Prime Minister of Portugal
- In office 14 May 1909 – 22 December 1909
- Monarch: Manuel II
- Preceded by: Sebastião Teles
- Succeeded by: Francisco da Veiga Beirão

Personal details
- Born: 15 November 1858 Porto, Portugal
- Died: 24 December 1919 (aged 61) Lisbon, Portugal
- Party: Regenerator Party

= Venceslau de Lima =

Portuguese geologist, paleontologist, viticulturist, and politician (1858–1919)

Venceslau de Sousa Pereira de Lima, ComTe, GCTE, ComSE, GCSE, ComC, GCC, ComNSC, GCNSC (15 November 1858 in Porto – 24 December 1919 in Lisbon), also known as Venceslau de Lima and anglicized as Wenceslau de Sousa Pereira de Lima or Wenceslau de Lima, was a Portuguese geologist, paleontologist, viticulturist, and politician who, among other functions, served as a member of Parliament, a minister, and as President of the Council of Ministers (now Prime Minister). He was a member of the Sciences Academy of Lisbon.

==Biography==

Born into a wealthy family from Porto, Venceslau Pereira de Lima was sent abroad very young, and there made his preparatory and secondary studies. After completing these studies he returned to Portugal with professional training focused on the natural sciences, quite distinct from the course of study then propitiated by Portuguese schools. He enrolled at the Faculty of Philosophy at the University of Coimbra, completing the course with high honors. This required a licensure examination in which he defended his thesis on coal plants.

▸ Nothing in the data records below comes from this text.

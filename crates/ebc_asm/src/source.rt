//! Sources as they are assembled.

ghost use Rattle.std.specs.Prelude.{◌≡◌, ◌≤◌, [], length, IfOk, OnOk};
ghost use Rattle.asm_text.specs.Lines.{label_of};
ghost use Rattle.asm_text.specs.Splits.{lines_of};
ghost use Rattle.ebc_object.specs.Objects.{IsObject, most};
ghost use Rattle.ebc_asm.specs.Held.{AreLabels, HoldsLines};
ghost use Rattle.ebc_asm.specs.Sources.{Gives, lines_behind, object_of};
ghost use Rattle.ebc_asm.specs.Symbols.{and_name};

use crate::assembler::Assembler;
use crate::end::AsmEnd;
use crate::names::add_name;
use asm_text::{label_of, next_line};
use ebc_base::{Name, NameTable, NoMemory};
use ebc_object::Object;
use std::alloc::Global;

// Adds the label of a line, if it has one, unless it is there.
fn add_label(alloc: Global, text: &[u8], labels: &mut NameTable) -> Result<(), NoMemory>
    ensures { OnOk result (labels.new ≡ and_name (label_of text.now) labels.old) }
{
    let Some(label) = label_of(text) else {
        return Ok(());
    };
    add_name(alloc, labels, &Name::new(String::from_str(alloc, label)?))?;
    Ok(())
}

// The labels of a source.
fn labels_in(alloc: Global, source: &[u8]) -> Result<NameTable, NoMemory>
    ensures { IfOk result (λ labels. AreLabels labels (lines_of source.now)) }
{
    let mut labels = NameTable::new(alloc);
    let mut rest = source;
    while let Some((text, more)) = next_line(rest) {
        add_label(alloc, text, &mut labels)?;
        rest = more;
    }
    Ok(labels)
}

// Takes the lines of a source that has these labels.
fn take_lines(alloc: Global, labels: &NameTable, source: &[u8]) -> Result<Assembler, AsmEnd>
    requires { AreLabels labels.now (lines_of source.now) }
    ensures { HoldsLines result (lines_behind (lines_of source.now) [] (lines_of source.now)) }
{
    let mut assembler = Assembler::new(alloc);
    let mut rest = source;
    let mut number = 0;
    while let Some((text, more)) = next_line(rest) {
        number += 1;
        if let Err(end) = assembler.take_text(alloc, labels, text) {
            return Err(end.at(number));
        }
        rest = more;
    }
    Ok(assembler)
}

/// The object that a source stands for (docs/ASSEMBLY.md, "Objects"). It has a file where it has at most 2^20 symbols and as many
/// fixups; that of a source of at most 1 MiB has no more.
///
/// # Errors
///
/// The first line that fails, from 1, with the lowest of its faults (docs/ASSEMBLY.md, "Faults"); and want of memory.
pub fn assemble(alloc: Global, source: &[u8]) -> Result<Object, AsmEnd>
    ensures reading { Gives result (object_of source.now) }
    ensures counted { IfOk result (λ object. length object.symbols ≤ most → length object.fixups ≤ most → IsObject object) }
    ensures sound { length source.now ≤ most → IfOk result IsObject }
{
    let labels = labels_in(alloc, source)?;
    let assembler = take_lines(alloc, &labels, source)?;
    Ok(assembler.into_object(alloc)?)
}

Soon afterwards, on 26 November 1882, he received his doctorate from the same university.

In 1883 he competed for a position on the faculty of the Polytechnic Academy of Porto, having publicly presented during the competition a dissertation on the function of chlorophyll as evidence of his ability. He was ultimately nominated for the position, initiating a career that would last for nearly thirty years. During that time he chaired the institution's geology department, with a few hiatuses due to his political activity. In parallel with his academic career, he carried out a set of pioneering experiments in the field of plant paleontology.

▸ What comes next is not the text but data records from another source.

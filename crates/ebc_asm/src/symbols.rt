//! The symbols of a source.

ghost use Rattle.std.specs.Prelude.{◌≡◌, length, IfOk};
ghost use Rattle.ebc_asm.specs.Held.{symbols_of};

use crate::names::Standing;
use ebc_base::Name;
use ebc_object::Symbol;
use std::alloc::{AllocError, Global};

// The symbols of names and of their places.
pub(crate) fn symbols(
    alloc: Global,
    names: Vec<Name>,
    places: Vec<Standing>,
) -> Result<Vec<Symbol>, AllocError>
    requires { length places.items ≡ length names.items }
    ensures { IfOk result (λ symbols. symbols.items ≡ symbols_of names.items places.items) }
{
    let mut symbols = Vec::new(alloc);
    let mut rest = places.into_iter();
    for name in names {
        let Some(place) = rest.next() else {
            return Ok(symbols);
        };
        let (kind, global, offset) = (place.kind, place.global, place.offset);
        symbols.push(Symbol {
            name,
            kind,
            global,
            offset,
        })?;
    }
    Ok(symbols)
}
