//! Whether two runs show the same.
ghost use Rattle.std.specs.Prelude.{◌≡◌, ◌↔◌, IsTrue, drop};

use note_types::{Ending, Event, Spot};

// The events from that number on: none where there are fewer.
fn rest(events: &[Event], first: usize) -> &[Event]
    ensures { result.now ≡ drop first events.now }
{
    events.get(first..).unwrap_or(&[])
}

/// Whether two runs stand at the same spot.
pub fn same_spot(spot: Spot, other: Spot) -> bool
    ensures { IsTrue result ↔ (spot ≡ other) }
{
    spot == other
}

/// Whether two runs are as far.
pub fn same_ending(ending: Ending, other: Ending) -> bool
    ensures { IsTrue result ↔ (ending ≡ other) }
{
    ending == other
}

/// Whether two lists of events are the same from that number on.
pub fn same_from(events: &[Event], others: &[Event], first: usize) -> bool
    ensures { IsTrue result ↔ (drop first events.now ≡ drop first others.now) }
{
    rest(events, first) == rest(others, first)
}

At the time, paleontology was a nascent science and the study of fossils discovered in Portuguese territory was in its early stages, with most paleontological researchers in Portugal being foreigners. The only published works by Portuguese researchers consisted of Bernardino António Gomes's studies of Carboniferous plant fossils.

Venceslau de Lima decided to bring together the previously published works of foreign researchers, especially those of Daniel Sharpe, Charles Bunbury, and Oswald Heer, and from that incipient base developed a study of geology and plant paleontology in Portugal, specifically of Carboniferous land.

In 1886, he was nominated as the engineer of the Geological Works Section (Secção dos Trabalhos Geológicos) of Portugal and was charged with the study of plant fossils in Portugal. In this position he collaborated with Carlos Ribeiro, a pioneer in Portuguese geology.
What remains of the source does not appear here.